Ce soir-là, Mme l’intendante rentra chez elle très lasse, et déclara à M. son mari qu’elle avait une migraine épouvantable à force d’avoir menti. Elle avait, en effet, conté à une douzaine de mères de famille la même histoire qu’à Mme de Haütern, et les jeunes officiers qu’elle devait marier se réduisaient à un, qui ne s’en souciait guère. Mais, que voulez-vous ! dit-elle, ces Strasbourgeoises sont tellement collet monté, que si je n’avais pas imaginé cette fable, nous n’aurions pas eu de danseuses. »

M. l’intendant essaya de gronder sa femme, mais elle lui dit qu’il faisait bien d’autres menteries quand il se débarrassait des solliciteurs avec de l’eau bénite de cour. Il en convint, et, sans plus songer à cette bagatelle, les deux époux allèrent souper le mieux qu’ils purent, tout en se disant qu’ils aimeraient bien mieux être à la cour que dans ce pays gothique et à moitié tudesque.

Pendant quinze jours toutes les ouvrières en robes, en fleurs et en broderies de Strasbourg furent accablées d’ouvrage.

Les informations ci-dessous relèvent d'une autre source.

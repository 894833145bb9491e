ghost use Rattle.std.specs.Prelude.{◌≡◌, ◌^◌, ◌-◌, ◌+◌, min, map, sum};
ghost use Rattle.clause_form.specs.Sizes.{norm_size_of, clause_count_of, product};

use fof_terms::Form;

/// The greatest number of nodes that the normal form of the formula can have, up to the greatest value.
#[cycle(norm_size)]
#[tactic(auto, using(crate::proofs::SizesFacts::norm_size_of_equations))]
pub fn norm_size(form: &Form) -> u128
    ensures { result ≡ min (norm_size_of form.now) (2 ^ 128 - 1) }
{
    match form {
        Form::Atom(_, _) | Form::Eq(_, _) => 1,
        Form::Not(body) => norm_size(body.get()),
        Form::And(members) | Form::Or(members) => size_with_members(members.as_slice()),
        Form::Imp(left, right) => norm_size(left.get())
            .saturating_add(norm_size(right.get()))
            .saturating_add(1),
        Form::Iff(left, right) => {
            let sides = norm_size(left.get()).saturating_add(norm_size(right.get()));
            sides.saturating_add(sides).saturating_add(3)
        }
        Form::All(_, body) | Form::Ex(_, body) => norm_size(body.get()).saturating_add(1),
    }
}

// One more than the sizes of the members.
#[cycle(norm_size)]
fn size_with_members(members: &[Form]) -> u128
    ensures { result ≡ min (1 + sum (map norm_size_of members.now)) (2 ^ 128 - 1) }
{
    let mut total: u128 = 1;
    for member in members {
        total = total.saturating_add(norm_size(member));
    }
    total
}

/// The number of clauses of the formula, a normal form, up to the greatest value.
#[cycle(clause_count)]
#[tactic(auto, using(crate::proofs::SizesFacts::clause_count_of_equations))]
pub fn clause_count(form: &Form) -> u128
    ensures { result ≡ min (clause_count_of form.now) (2 ^ 128 - 1) }
{
    match form {
        Form::Atom(_, _) | Form::Eq(_, _) | Form::Not(_) | Form::Imp(_, _) | Form::Iff(_, _) => 1,
        Form::And(members) => count_of_all(members.as_slice()),
        Form::Or(members) => count_of_choices(members.as_slice()),
        Form::All(_, body) | Form::Ex(_, body) => clause_count(body.get()),
    }
}

// The clauses of all members.
#[cycle(clause_count)]
fn count_of_all(members: &[Form]) -> u128
    ensures { result ≡ min (sum (map clause_count_of members.now)) (2 ^ 128 - 1) }
{
    let mut total: u128 = 0;
    for member in members {
        total = total.saturating_add(clause_count(member));
    }
    total
}

// The choices of one clause of each member.
#[cycle(clause_count)]
fn count_of_choices(members: &[Form]) -> u128
    ensures { result ≡ min (product (map clause_count_of members.now)) (2 ^ 128 - 1) }
{
    let mut total: u128 = 1;
    for member in members {
        total = total.saturating_mul(clause_count(member));
    }
    total
}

C’était à qui imaginerait les plus riches, les plus galants travestissements. Chaque élégante voulait avoir un costume unique ; aussi les mystères, les serments et les cachotteries furent-ils prodigués. Plusieurs belles dames eurent même l’invention machiavélique de se faire confectionner des habits de bal à Strasbourg, tandis qu’elles en avaient commandé d’autres à Paris. De cette façon, elles furent assurées d’étonner, d’éblouir et surtout de vexer leurs bonnes amies.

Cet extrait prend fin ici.